/// A cut of published records has one count for each caller, which is at most the number of records
/// that this caller published, whatever it announced.
#[tactic(auto, using(crate::proofs::Published::none_published, crate::proofs::Published::one_published, crate::proofs::Published::announced_alone, crate::proofs::Published::too_many, crate::proofs::Published::too_narrow))]
pub fn cuts_are_published()
    // After two announcements, and no publication, the cut 0 0 counts only what is published.
    ensures none { IsPublished (end_of pair announced_both).locals (0 ∷ 0 ∷ []) }
    // After two callers published one record each, the cut 1 0 counts only what is published.
    ensures below { IsPublished (end_of pair two_calls).locals (1 ∷ 0 ∷ []) }
    // After two announcements, and no publication, the cut 1 0 counts more than is published.
    ensures announced { ¬ IsPublished (end_of pair announced_both).locals (1 ∷ 0 ∷ []) }
    // After two callers published one record each, the cut 1 2 counts more than is published.
    ensures above { ¬ IsPublished (end_of pair two_calls).locals (1 ∷ 2 ∷ []) }
    // A cut of one count is no cut of the published records of two callers.
    ensures narrow { ¬ IsPublished (end_of pair two_calls).locals (1 ∷ []) }
{}

/// A caller has peeked a word where one peek of it agrees in all five parts: the region, the
/// caller, the row, the place and the word.
#[tactic(auto, using(crate::proofs::Peeking::peeked, crate::proofs::Peeking::other_region, crate::proofs::Peeking::other_caller, crate::proofs::Peeking::other_row, crate::proofs::Peeking::other_place, crate::proofs::Peeking::other_word))]
pub fn words_are_peeked()
    // Caller 1 has peeked 1 as the view's entry for caller 0 in the first row of M of caller 0.
    ensures peeked { HasPeeked (local_at entry_peeked 1) M (call_of 0 0) 1 1 }
    // A peek in M is no peek in N.
    ensures other_region { ¬ HasPeeked (with_peeks (peek_of M 1 2 3 4 ∷ [])) N (call_of 1 2) 3 4 }
    // A peek into a row of caller 1 is no peek into a row of caller 2.
    ensures other_caller { ¬ HasPeeked (with_peeks (peek_of M 1 2 3 4 ∷ [])) M (call_of 2 2) 3 4 }
    // A peek into the row numbered 2 is no peek into the row numbered 1.
    ensures other_row { ¬ HasPeeked (with_peeks (peek_of M 1 2 3 4 ∷ [])) M (call_of 1 1) 3 4 }
    // A peek at place 3 is no peek at place 4.
    ensures other_place { ¬ HasPeeked (with_peeks (peek_of M 1 2 3 4 ∷ [])) M (call_of 1 2) 4 4 }
    // A peek that found the word 4 is no peek that found the word 3.
    ensures other_word { ¬ HasPeeked (with_peeks (peek_of M 1 2 3 4 ∷ [])) M (call_of 1 2) 3 3 }
{}

/// A caller has gathered a book at a cut where it has peeked each word of the book, and the book
/// has one page for each caller, as many records as the cut counts, and exactly the calls that the
/// views of these records hold.
#[tactic(auto, using(crate::proofs::Gathering::gathered, crate::proofs::Gathering::lacks_low, crate::proofs::Gathering::lacks_high, crate::proofs::Gathering::lacks_reply, crate::proofs::Gathering::lacks_entry, crate::proofs::Gathering::of_another, crate::proofs::Gathering::other_cut, crate::proofs::Gathering::unheld, crate::proofs::Gathering::lacking, crate::proofs::Gathering::too_wide))]
pub fn books_are_gathered()
    // The book of one answered call is gathered at the cut 1 by a caller that has peeked all of its
    // words.
    ensures gathered { IsGathered 1 (lacking_none 1) (1 ∷ []) book_alone }
    // A book isn't gathered by a caller that hasn't peeked the low word of an operation.
    ensures low { ¬ IsGathered 1 lacking_low (1 ∷ []) book_alone }
    // A book isn't gathered by a caller that hasn't peeked the high word of an operation.
    ensures high { ¬ IsGathered 1 lacking_high (1 ∷ []) book_alone }
    // A book isn't gathered by a caller that hasn't peeked a reply.
    ensures reply { ¬ IsGathered 1 lacking_reply (1 ∷ []) book_alone }
    // A book isn't gathered by a caller that hasn't peeked an entry of a view.
    ensures entry { ¬ IsGathered 1 lacking_entry (1 ∷ []) book_alone }
    // A book with more pages than there are callers isn't gathered.
    ensures callers { ¬ IsGathered 1 (lacking_none 1) (1 ∷ []) book_of_another }
    // A book with fewer records than the cut counts isn't gathered at that cut.
    ensures records { ¬ IsGathered 1 (lacking_none 1) (2 ∷ []) book_alone }
    // A book with a call that no view holds isn't gathered.
    ensures held { ¬ IsGathered 1 (lacking_none 1) (1 ∷ []) book_unheld }
    // A book that lacks a call which a view holds isn't gathered.
    ensures there { ¬ IsGathered 1 (lacking_none 2) (1 ∷ []) book_lacking }
    // A book with a view of more counts than there are callers isn't gathered.
    ensures wide { ¬ IsGathered 1 (lacking_none 1) (1 ∷ []) book_too_wide }
{}

/// The counts of a local and the lengths of its lists are those that its phase demands, at moments
/// of a run. A local in which one count or one length differs doesn't have what its phase demands.
#[tactic(auto, using(crate::proofs::Agreeing::no_announced, crate::proofs::Agreeing::no_operation, crate::proofs::Agreeing::no_reply, crate::proofs::Agreeing::no_view, crate::proofs::Agreeing::no_seen, crate::proofs::Agreeing::none_in_N, crate::proofs::Agreeing::none_in_M, crate::proofs::Agreeing::no_steps))]
pub fn lists_have_lengths_by_phase()
    // The fresh local has the counts and the list lengths that its phase demands.
    ensures idle { HasPhase fresh }
    // Right after an announcement a local has the counts and the list lengths that its phase
    // demands.
    ensures asking { HasPhase as_announced }
    // Right after a view is taken a local has the counts and the list lengths that its phase
    // demands.
    ensures publishing { HasPhase as_viewed }
    // Right after a publication a local has the counts and the list lengths that its phase demands.
    ensures judging { HasPhase as_published }
    // Right after a seen cut a local has the counts and the list lengths that its phase demands.
    ensures judged { HasPhase as_judged }
    // A local in the phase announce with one announced call and no published record doesn't have
    // the counts that its phase demands.
    ensures announced { ¬ HasPhase uncounted }
    // The fresh local with an operation added doesn't have the list lengths that its phase demands.
    ensures operations { ¬ HasPhase (record fresh { operations = 5 ∷ [] }) }
    // The fresh local with a reply added doesn't have the list lengths that its phase demands.
    ensures replies { ¬ HasPhase (record fresh { replies = 50 ∷ [] }) }
    // The fresh local with a view added doesn't have the list lengths that its phase demands.
    ensures views { ¬ HasPhase (record fresh { views = [] ∷ [] }) }
    // The fresh local with a seen cut added doesn't have the list lengths that its phase demands.
    ensures seen { ¬ HasPhase (record fresh { seen = [] ∷ [] }) }
    // The fresh local with a cut embedded in N added doesn't have the list lengths that its phase
    // demands.
    ensures embedded_in_N { ¬ HasPhase (record fresh { embedded_in_N = [] ∷ [] }) }
    // The fresh local with a cut embedded in M added doesn't have the list lengths that its phase
    // demands.
    ensures embedded_in_M { ¬ HasPhase (record fresh { embedded_in_M = [] ∷ [] }) }
    // The fresh local with a list of object steps added doesn't have the list lengths that its
    // phase demands.
    ensures object_steps { ¬ HasPhase (record fresh { object_steps = [] ∷ [] }) }
{}

/// What a caller may have in each phase: the view's scan under way in the phase view alone, and
/// staged words and a cut to embed in the phases announce and publish alone.
#[tactic(auto, using(crate::proofs::Agreeing::not_view_of_M, crate::proofs::Agreeing::not_view, crate::proofs::Agreeing::not_in_asking, crate::proofs::Agreeing::not_staged))]
pub fn parts_fit_phases()
    // In the phase view the view's scan of N may be under way.
    ensures view { FitsPhase Viewing (Some (scan_of N true)) }
    // In the phase ask a scan of M that isn't the view's may be under way.
    ensures scan { FitsPhase Asking (Some (scan_of M false)) }
    // In the phase ask a caller may have no scan under way.
    ensures none { FitsPhase Asking None }
    // In the phase view there is always a scan under way.
    ensures no_view { ¬ FitsPhase Viewing None }
    // In the phase view no scan of M is under way, even one that is said to be the view's.
    ensures view_of_M { ¬ FitsPhase Viewing (Some (scan_of M true)) }
    // In the phase view no scan is under way that isn't the view's.
    ensures not_view { ¬ FitsPhase Viewing (Some (scan_of N false)) }
    // In the phase ask the view's scan isn't under way.
    ensures in_asking { ¬ FitsPhase Asking (Some (scan_of N true)) }
    // A word may be staged in the phase announce.
    ensures staged_in_announcing { IsStagedIn Announcing (staged_word 0 5 ∷ []) }
    // A word may be staged in the phase publish.
    ensures staged_in_publishing { IsStagedIn Publishing (staged_word 0 5 ∷ []) }
    // No word is staged in the phase ask.
    ensures staged_in_asking { ¬ IsStagedIn Asking (staged_word 0 5 ∷ []) }
    // No word is staged in the phase view.
    ensures staged_in_viewing { ¬ IsStagedIn Viewing (staged_word 0 5 ∷ []) }
    // No word is staged in the phase judge.
    ensures staged_in_judging { ¬ IsStagedIn Judging (staged_word 0 5 ∷ []) }
    // A cut to embed may be kept in the phase announce.
    ensures kept_in_announcing { IsKeptIn Announcing (Some []) }
    // A cut to embed may be kept in the phase publish.
    ensures kept_in_publishing { IsKeptIn Publishing (Some []) }
    // No cut to embed is kept in the phase ask.
    ensures kept_in_asking { ¬ IsKeptIn Asking (Some []) }
    // No cut to embed is kept in the phase view.
    ensures kept_in_viewing { ¬ IsKeptIn Viewing (Some []) }
    // No cut to embed is kept in the phase judge.
    ensures kept_in_judging { ¬ IsKeptIn Judging (Some []) }
    // A caller in the phase view isn't idle.
    ensures viewing_is_busy { ¬ IsIdle (record fresh { phase = Viewing }) }
    // A caller in the phase publish isn't idle.
    ensures publishing_is_busy { ¬ IsIdle (record fresh { phase = Publishing }) }
    // A caller in the phase judge isn't idle.
    ensures judging_is_busy { ¬ IsIdle (record fresh { phase = Judging }) }
{}

/// A local agrees with the words of the table where its counts and its counted rows are in the
/// table, it has announced at most as many calls as the cap says, its staged words are in the
/// table, each in a row below the cap, at a place of the region and as the word that belongs there,
/// and its parts fit its phase.
#[tactic(auto, using(crate::proofs::Agreeing::agrees, crate::proofs::Agreeing::other_count_of_N, crate::proofs::Agreeing::other_count_of_M, crate::proofs::Agreeing::too_many, crate::proofs::Agreeing::other_row_of_N, crate::proofs::Agreeing::other_row_of_M, crate::proofs::Agreeing::not_standing, crate::proofs::Agreeing::staged_as_asking, crate::proofs::Agreeing::kept_as_asking, crate::proofs::Agreeing::other_lists, crate::proofs::Agreeing::view_as_asking, crate::proofs::Agreeing::past_rows, crate::proofs::Agreeing::past_places, crate::proofs::Agreeing::stands_not, crate::proofs::Agreeing::not_due))]
pub fn locals_agree_with_words()
    // After the run in which a caller stages its reply the caller's local agrees with the words.
    ensures agrees { Agrees single (end_of single reply_staged).words 0
        (local_after_all single reply_staged 0) }
    // The fresh local doesn't agree with words in which the count in N is 1.
    ensures counts_of_N { ¬ Agrees single (1 ∷ 0 ∷ 0 ∷ 0 ∷ 0 ∷ 0 ∷ 0 ∷ 0 ∷ []) 0 fresh }
    // The fresh local doesn't agree with words in which the count in M is 1.
    ensures counts_of_M { ¬ Agrees single (0 ∷ 1 ∷ 0 ∷ 0 ∷ 0 ∷ 0 ∷ 0 ∷ 0 ∷ []) 0 fresh }
    // A local that has announced more calls than the cap says doesn't agree with words that have
    // its counts.
    ensures few { ¬ Agrees single (2 ∷ 1 ∷ 0 ∷ 0 ∷ 0 ∷ 0 ∷ 0 ∷ 0 ∷ []) 0 crowded }
    // A local doesn't agree with words in which its row of N has another high word.
    ensures rows_of_N { ¬ Agrees single (1 ∷ 0 ∷ 5 ∷ 1 ∷ 0 ∷ 0 ∷ 0 ∷ 0 ∷ []) 0 asking_alone }
    // A local doesn't agree with words in which its row of M has another entry of the view.
    ensures rows_of_M { ¬ Agrees single (1 ∷ 1 ∷ 5 ∷ 0 ∷ 0 ∷ 50 ∷ 0 ∷ 0 ∷ []) 0
        (local_after_all single published_alone 0) }
    // A local that has staged 5 at place 0 doesn't agree with words that have 0 there.
    ensures staged { ¬ Agrees single no_words 0 staged_low }
    // A local with a staged word in the phase ask doesn't agree with words that have its counts and
    // rows.
    ensures staged_in { ¬ Agrees single (1 ∷ 0 ∷ 5 ∷ 0 ∷ 0 ∷ 0 ∷ 0 ∷ 0 ∷ []) 0 asking_staged }
    // A local with a cut to embed in the phase ask doesn't agree with words that have its counts
    // and rows.
    ensures kept_in { ¬ Agrees single (1 ∷ 0 ∷ 5 ∷ 0 ∷ 0 ∷ 0 ∷ 0 ∷ 0 ∷ []) 0 asking_embeds }
    // A local without the list lengths that its phase demands doesn't agree with words that have
    // its counts.
    ensures phase { ¬ Agrees single no_words 0 (record fresh { replies = 50 ∷ [] }) }
    // A local with the view's scan under way in the phase ask doesn't agree with words that have
    // its counts and rows.
    ensures scan { ¬ Agrees single (1 ∷ 0 ∷ 5 ∷ 0 ∷ 0 ∷ 0 ∷ 0 ∷ 0 ∷ []) 0 asking_views }
    // A staged word doesn't count as standing in its row where that row is beyond the cap.
    ensures row { ¬ IsInRow single no_words 0 staged_past N 0 }
    // A staged word doesn't count as standing in its row where the region lacks its place.
    ensures place { ¬ IsInRow single no_words 0 staged_beside N 3 }
    // A staged word doesn't count as standing in its row where the table has another word there.
    ensures stands { ¬ IsInRow single no_words 0 staged_low N 0 }
    // A staged word doesn't count as standing in its row where it doesn't belong at its place,
    // though the table has it there.
    ensures due { ¬ IsInRow single (0 ∷ 0 ∷ 0 ∷ 0 ∷ 5 ∷ 0 ∷ 0 ∷ 0 ∷ []) 0 staged_entry N 2 }
{}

------------

**EXERCISE GOAL:**
Your answer should be the lines of the listing above between the line holding "0 counts more than is published." and the line holding "[])) N (call_of", inclusive, restated word for word and alone.

**EXERCISE ANSWER:**
    // After two announcements, and no publication, the cut 1 0 counts more than is published.
    ensures announced { ¬ IsPublished (end_of pair announced_both).locals (1 ∷ 0 ∷ []) }
    // After two callers published one record each, the cut 1 2 counts more than is published.
    ensures above { ¬ IsPublished (end_of pair two_calls).locals (1 ∷ 2 ∷ []) }
    // A cut of one count is no cut of the published records of two callers.
    ensures narrow { ¬ IsPublished (end_of pair two_calls).locals (1 ∷ []) }
{}

/// A caller has peeked a word where one peek of it agrees in all five parts: the region, the
/// caller, the row, the place and the word.
#[tactic(auto, using(crate::proofs::Peeking::peeked, crate::proofs::Peeking::other_region, crate::proofs::Peeking::other_caller, crate::proofs::Peeking::other_row, crate::proofs::Peeking::other_place, crate::proofs::Peeking::other_word))]
pub fn words_are_peeked()
    // Caller 1 has peeked 1 as the view's entry for caller 0 in the first row of M of caller 0.
    ensures peeked { HasPeeked (local_at entry_peeked 1) M (call_of 0 0) 1 1 }
    // A peek in M is no peek in N.
    ensures other_region { ¬ HasPeeked (with_peeks (peek_of M 1 2 3 4 ∷ [])) N (call_of 1 2) 3 4 }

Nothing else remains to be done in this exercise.